How to complete this task:
Search the records for the word "room". Copy every line where it appears.

Collected data entries:
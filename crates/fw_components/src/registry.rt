// All components, buffers and pipelines, and their joins.
ghost use Rattle.std.specs.Prelude.{OnErr, ◌≡◌, ◌+◌, ◌==◌, ◌&&◌, ◌<◌, ◌++◌, ◌∷◌, [], length, position, IfOk, vec_len, vec_capacity, filter, not, OnOk, IfErr, IsErr, ◌↔◌, Some, None, if◌then◌else◌, negsuc, true, false, map, slice_index_or, slice_get};
ghost use Rattle.fw_units.specs.declared.component.Component.{Component};
ghost use Rattle.fw_units.specs.Units.{is_host_unit};
ghost use Rattle.fw_components.specs.Tables.{all_of, held_frames, capacity_at};
ghost use Rattle.std.specs.List.{list_any, AllByRecursion};
ghost use Rattle.fw_components.specs.Values.{values_set, left_with, unit_values_at, answer_told};
ghost use Rattle.fw_components.specs.Kept.{IsStreamOf};
ghost use Rattle.mbox_link.specs.Step.{touches};
ghost use Rattle.fw_units.specs.Changes.{completed_at, with_ended, set_at, IsOfHome, given_all, has_id};
ghost use Rattle.fw_components.specs.Changes.{added, is_idle_phase, is_full, is_there, IsNew, has_new_index, found, IsFoundOf, given_found, tables_without, can_join, tables_with_join};

use crate::tallies::{Tallies, counts, is_counted};
use fw_heap::Region;
use fw_moves::Workspace;
use fw_units::{
    Component, Hints, complete_in, end_in, give_all, join_in, place, place_of, set_stream_in,
    take_at, value_in,
};
use sof_base::{Bounded, Errno, NoMemory, Params};
use std::alloc::Global;
use std::marker::Model;
use stream_law::{Join, Phase};

// How many of each there may be; two joins for each buffer.
const MOST_COMPONENTS: usize = 128;

const MOST_BUFFERS: usize = 128;

const MOST_PIPELINES: usize = 32;

const MOST_JOINS: usize = 256;

/// At most 128 components, 128 buffers and 32 pipelines with their pieces, and the joins of components and buffers, in memory that
/// was reserved for them.
pub struct Registry {
    pub(crate) comps: Vec<Component>,
    pub(crate) buffers: Vec<Component>,
    pub(crate) pipes: Vec<Component>,
    pub(crate) joins: Vec<Join>,
    pub(crate) comp_hints: Hints,
    pub(crate) buffer_hints: Hints,
    pub(crate) tallies: Tallies,
    pub(crate) workspace: Workspace,
}

/// A component that the registry has no room for.
pub struct RegistryFull {
    pub component: Component,
}

impl Model for Registry {
    ghost use Rattle.fw_components.specs.Tables.{Tables};

    ghost Value = { Tables };

    ghost use Rattle.fw_components.specs.Laid.{tables_of, IsRegistryLaid};

    ghost view = { tables_of };

    ghost invariant = { IsRegistryLaid };
}

impl Registry {
    /// An empty registry, with memory for all that it may hold.
    pub fn new(alloc: Global) -> Result<Registry, NoMemory>
        ensures { IfOk result (λ registry. registry ≡ record { comps = []; buffers = []; pipes = []; joins = [] }) }
    {
        let workspace = Workspace::new(alloc)?;
        let Ok(comps) = Vec::with_capacity(alloc, MOST_COMPONENTS) else {
            return Err(NoMemory);
        };
        let Ok(buffers) = Vec::with_capacity(alloc, MOST_BUFFERS) else {
            comps.destroy_empty();
            return Err(NoMemory);
        };
        let Ok(pipes) = Vec::with_capacity(alloc, MOST_PIPELINES) else {
            comps.destroy_empty();
            buffers.destroy_empty();
            return Err(NoMemory);
        };
        let Ok(joins) = Vec::with_capacity(alloc, MOST_JOINS) else {
            comps.destroy_empty();
            buffers.destroy_empty();
            pipes.destroy_empty();
            return Err(NoMemory);
        };
        Ok(Registry {
            comps,
            buffers,
            pipes,
            joins,
            comp_hints: Hints::new(),
            buffer_hints: Hints::new(),
            tallies: Tallies::new(),
            workspace,
        })
    }

    /// How many components, buffers and pipelines there are.
    pub fn len(&self) -> u16
        ensures { result ≡ length (all_of self.now) }
    {
        (self.comps.len() + self.buffers.len() + self.pipes.len()) as u16
    }

    /// The place of the one of this id.
    pub fn find(&self, id: u32) -> Option<u16>
        ensures { result ≡ position (λ c. c.id == id) (all_of self.now) }
    {
        if let Some(at) = self.comp_hints.place_of(self.comps.as_slice(), id) {
            return Some(at as u16);
        }
        if let Some(at) = self.buffer_hints.place_of(self.buffers.as_slice(), id) {
            return Some((self.comps.len() + at) as u16);
        }
        if let Some(at) = place_of(self.pipes.as_slice(), id) {
            return Some((self.comps.len() + self.buffers.len() + at) as u16);
        }
        None
    }

    /// The one at a place.
    pub fn at(&self, k: u16) -> &Component
        requires { k < length (all_of self.now) }
        ensures { (d : Component) → result.now ≡ slice_index_or (all_of self.now) k d }
    {
        let at = k as usize;
        let (comps, buffers) = (self.comps.len(), self.buffers.len());
        if at < comps {
            &self.comps[at]
        } else if at - comps < buffers {
            &self.buffers[at - comps]
        } else {
            &self.pipes[at - comps - buffers]
        }
    }

    /// The join at a place, in the order in which they came; none past the last.
    pub fn join_at(&self, k: u16) -> Option<Join>
        ensures { result ≡ slice_get self.now.joins k }
    {
        self.joins.get(k as usize).copied()
    }

    /// Adds what has a new id, unless there are 128 components, 128 buffers or 32 pipelines already. Then it comes back.
    pub fn add(&mut self, component: Component) -> Result<(), RegistryFull>
        requires id { is_there self.old component.id ≡ false }
        requires unit { IsNew component.unit }
        requires index { has_new_index component self.old ≡ true }
        ensures full { IsErr result ↔ (is_full component.unit self.old ≡ true) }
        ensures ok { OnOk result (self.new ≡ added component self.old) }
        ensures err { IfErr result (λ full. (full.component ≡ component) × (self.new ≡ self.old)) }
    {
        if component.unit.is_buffer() {
            if self.buffers.len() >= MOST_BUFFERS {
                return Err(RegistryFull { component });
            }
            place(&mut self.buffers, component);
            self.buffer_hints.renew(self.buffers.as_slice());
            self.tallies
                .recount(&self.comps, &self.buffers, &self.joins);
            return Ok(());
        }
        if component.unit.is_pipeline() {
            if self.pipes.len() >= MOST_PIPELINES {
                return Err(RegistryFull { component });
            }
            place(&mut self.pipes, component);
            return Ok(());
        }
        if self.comps.len() >= MOST_COMPONENTS {
            return Err(RegistryFull { component });
        }
        place(&mut self.comps, component);
        self.comp_hints.renew(self.comps.as_slice());
        self.tallies
            .recount(&self.comps, &self.buffers, &self.joins);
        Ok(())
    }

    /// Joins a component and a buffer, whose side is not joined yet, last in order. This takes no memory.
    pub fn join(&mut self, source: u32, sink: u32)
        requires { can_join self.old (record { source = source; sink = sink }) ≡ true }
        ensures { self.new ≡ tables_with_join (record { source = source; sink = sink }) self.old }
    {
        let join = Join { source, sink };
        join_in(&mut self.buffers, join);
        put_join(&mut self.joins, join);
        self.tallies
            .recount(&self.comps, &self.buffers, &self.joins);
    }

    /// The pipeline of this id is complete.
    pub fn set_complete(&mut self, id: u32)
        requires { list_any (λ c. c.id == id) self.old.pipes ≡ true }
        ensures { self.new ≡ record { comps = self.old.comps; buffers = self.old.buffers; pipes = map (completed_at id) self.old.pipes; joins = self.old.joins } }
    {
        complete_in(&mut self.pipes, id);
    }

    /// The host of this id has this phase and these parameters: none where it is Idle, and else 1 to 8 channels and a right rate. Streams are
    /// counted anew only where the host's is or was Running or Paused.
    pub fn set_stream(&mut self, host: u32, phase: Phase, params: Option<Params>)
        requires host { list_any (λ c. c.id == host && is_host_unit c.unit) self.old.comps ≡ true }
        requires stream { IsStreamOf (is_idle_phase phase) params }
        ensures { self.new ≡ record { comps = map (set_at host phase params) self.old.comps; buffers = self.old.buffers; pipes = self.old.pipes; joins = self.old.joins } }
    {
        let was_counted = is_counted(self.comps.as_slice(), host);
        set_stream_in(&mut self.comps, host, phase, params);
        if !was_counted && !counts(phase) {
            return;
        }
        self.tallies
            .recount(&self.comps, &self.buffers, &self.joins);
    }

    /// The one of this id is gone, a buffer with its joins, and its piece is given back.
    pub fn remove(&mut self, id: u32, region: &mut Region)
        requires there { is_there self.old id ≡ true }
        requires region { IsFoundOf region.old.home (found self.old id) }
        requires alone { has_id self.old.buffers id ≡ false → list_any (touches id) self.old.joins ≡ false }
        ensures tables { self.new ≡ tables_without id self.old }
        ensures holes { region.new.holes ≡ given_found (found self.old id) region.old.holes }
        ensures same { (region.new.home ≡ region.old.home) × (region.new.size ≡ region.old.size) × (region.new.usable ≡ region.old.usable) }
    {
        if let Some(at) = self.comp_hints.place_of(self.comps.as_slice(), id) {
            let component = take_at(&mut self.comps, at, id);
            self.comp_hints.renew(self.comps.as_slice());
            self.tallies
                .recount(&self.comps, &self.buffers, &self.joins);
            region.give(component.into_piece());
        } else if let Some(at) = self.buffer_hints.place_of(self.buffers.as_slice(), id) {
            let component = take_at(&mut self.buffers, at, id);
            self.buffer_hints.renew(self.buffers.as_slice());
            remove_joins(&mut self.joins, id);
            self.tallies
                .recount(&self.comps, &self.buffers, &self.joins);
            region.give(component.into_piece());
        } else if let Some(at) = place_of(self.pipes.as_slice(), id) {
            let component = take_at(&mut self.pipes, at, id);
            region.give(component.into_piece());
        }
    }

    /// Nothing is there any more, and all pieces are given back.
    pub fn remove_all(&mut self, region: &mut Region)
        requires { AllByRecursion (IsOfHome region.old.home) (all_of self.old) }
        ensures tables { self.new ≡ record { comps = []; buffers = []; pipes = []; joins = [] } }
        ensures holes { region.new.holes ≡ given_all (all_of self.old) region.old.holes }
        ensures same { (region.new.home ≡ region.old.home) × (region.new.size ≡ region.old.size) × (region.new.usable ≡ region.old.usable) }
    {
        give_all(&mut self.comps, region);
        give_all(&mut self.buffers, region);
        give_all(&mut self.pipes, region);
        self.joins.clear();
        self.tallies
            .recount(&self.comps, &self.buffers, &self.joins);
    }

    /// The ring of this buffer is empty.
    pub fn end(&mut self, buffer: u32)
        requires { has_id self.old.buffers buffer ≡ true }
        ensures { self.new ≡ record { comps = self.old.comps; buffers = map (with_ended buffer) self.old.buffers; pipes = self.old.pipes; joins = self.old.joins } }
    {
        end_in(&mut self.buffers, buffer);
    }

    /// How many frames a buffer holds.
    pub fn held(&self, buffer: u32) -> u32
        requires { has_id self.now.buffers buffer ≡ true }
        ensures { result ≡ length (held_frames self.now buffer) }
    {
        let at = self.buffer_hints.place(self.buffers.as_slice(), buffer);
        self.held_at(buffer, at)
    }

    /// How many frames a buffer holds, which stands at `at`.
    pub fn held_at(&self, _buffer: u32, at: usize) -> u32
        requires { Some at ≡ position (λ c. c.id == _buffer) self.now.buffers }
        ensures { result ≡ length (held_frames self.now _buffer) }
    {
        self.buffers[at].held()
    }

    /// How many more frames a buffer has room for.
    pub fn free(&self, buffer: u32) -> u32
        requires { has_id self.now.buffers buffer ≡ true }
        ensures { result + length (held_frames self.now buffer) ≡ capacity_at self.now buffer }
    {
        let at = self.buffer_hints.place(self.buffers.as_slice(), buffer);
        self.free_at(buffer, at)
    }

    /// How many more frames a buffer has room for, which stands at `at`.
    pub fn free_at(&self, _buffer: u32, at: usize) -> u32
        requires { Some at ≡ position (λ c. c.id == _buffer) self.now.buffers }
        ensures { result + length (held_frames self.now _buffer) ≡ capacity_at self.now _buffer }
    {
        self.buffers[at].room()
    }

    /// By command 0 the gains of a volume, each 0 to 16777216 where 65536 is 1, by command 1 the choice of a mux, and by command 2 the
    /// masks of a demux. -19 where the id names nothing, and -22 where it has no values by this command.
    pub fn values(&self, id: u32, command: u32) -> Result<Bounded<u32, 8>, Errno>
        ensures { answer_told result ≡ unit_values_at self.now id command }
    {
        let at = self.comp_place(id)?;
        match self.comps[at].values(command) {
            Some(values) => Ok(values),
            None => Err(Errno::INVALID),
        }
    }

    /// Sets the gains of a volume by command 0, as many as it has and each at most 16777216, the choice of a mux by command 1, and the
    /// masks of a demux by command 2, eight and each at most 255. -19 where the id names nothing, and -22 where it does not take these
    /// values by this command; then nothing changes.
    pub fn set_values(&mut self, id: u32, command: u32, values: &[u32]) -> Result<(), Errno>
        ensures answer { left_with self.new result ≡ values_set self.old id command values.now }
        ensures kept { OnErr result (self.new ≡ self.old) }
    {
        let at = self.comp_place(id)?;
        if !self.comps[at].takes(command, values) {
            return Err(Errno::INVALID);
        }
        value_in(&mut self.comps, id, values);
        Ok(())
    }

    /// The place of a component among those that are neither buffers nor pipelines; -19 where the id names nothing, and -22 where it
    /// names a buffer or a pipeline.
    pub(crate) fn comp_place(&self, id: u32) -> Result<usize, Errno>
        ensures place { IfOk result (λ at. Some at ≡ position (λ c. c.id == id) self.now.comps) }
        ensures there { IfOk result (λ at. is_there self.now id ≡ true) }
        ensures below { IfOk result (λ at. at < length self.now.comps) }
        ensures none { IfErr result (λ e. None ≡ position (λ c. c.id == id) self.now.comps) }
        ensures err { IfErr result (λ e. e.0 ≡ (if is_there self.now id then negsuc 21 else negsuc 18)) }
    {
        if let Some(at) = self.comp_hints.place_of(self.comps.as_slice(), id) {
            return Ok(at);
        }
        if self.find(id).is_none() {
            return Err(Errno::NO_DEVICE);
        }
        Err(Errno::INVALID)
    }

    /// Gives the memory back, once nothing is there.
    pub fn close(self)
        requires { length (all_of self) ≡ 0 }
    {
        let Registry {
            comps,
            buffers,
            pipes,
            joins: _,
            comp_hints: _,
            buffer_hints: _,
            tallies: _,
            workspace: _,
        } = self;
        comps.destroy_empty();
        buffers.destroy_empty();
        pipes.destroy_empty();
    }
}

Answer for the task:
/// A component that the registry has no room for.
    /// How many more frames a buffer has room for.
    /// How many more frames a buffer has room for, which stands at `at`.
        self.buffers[at].room()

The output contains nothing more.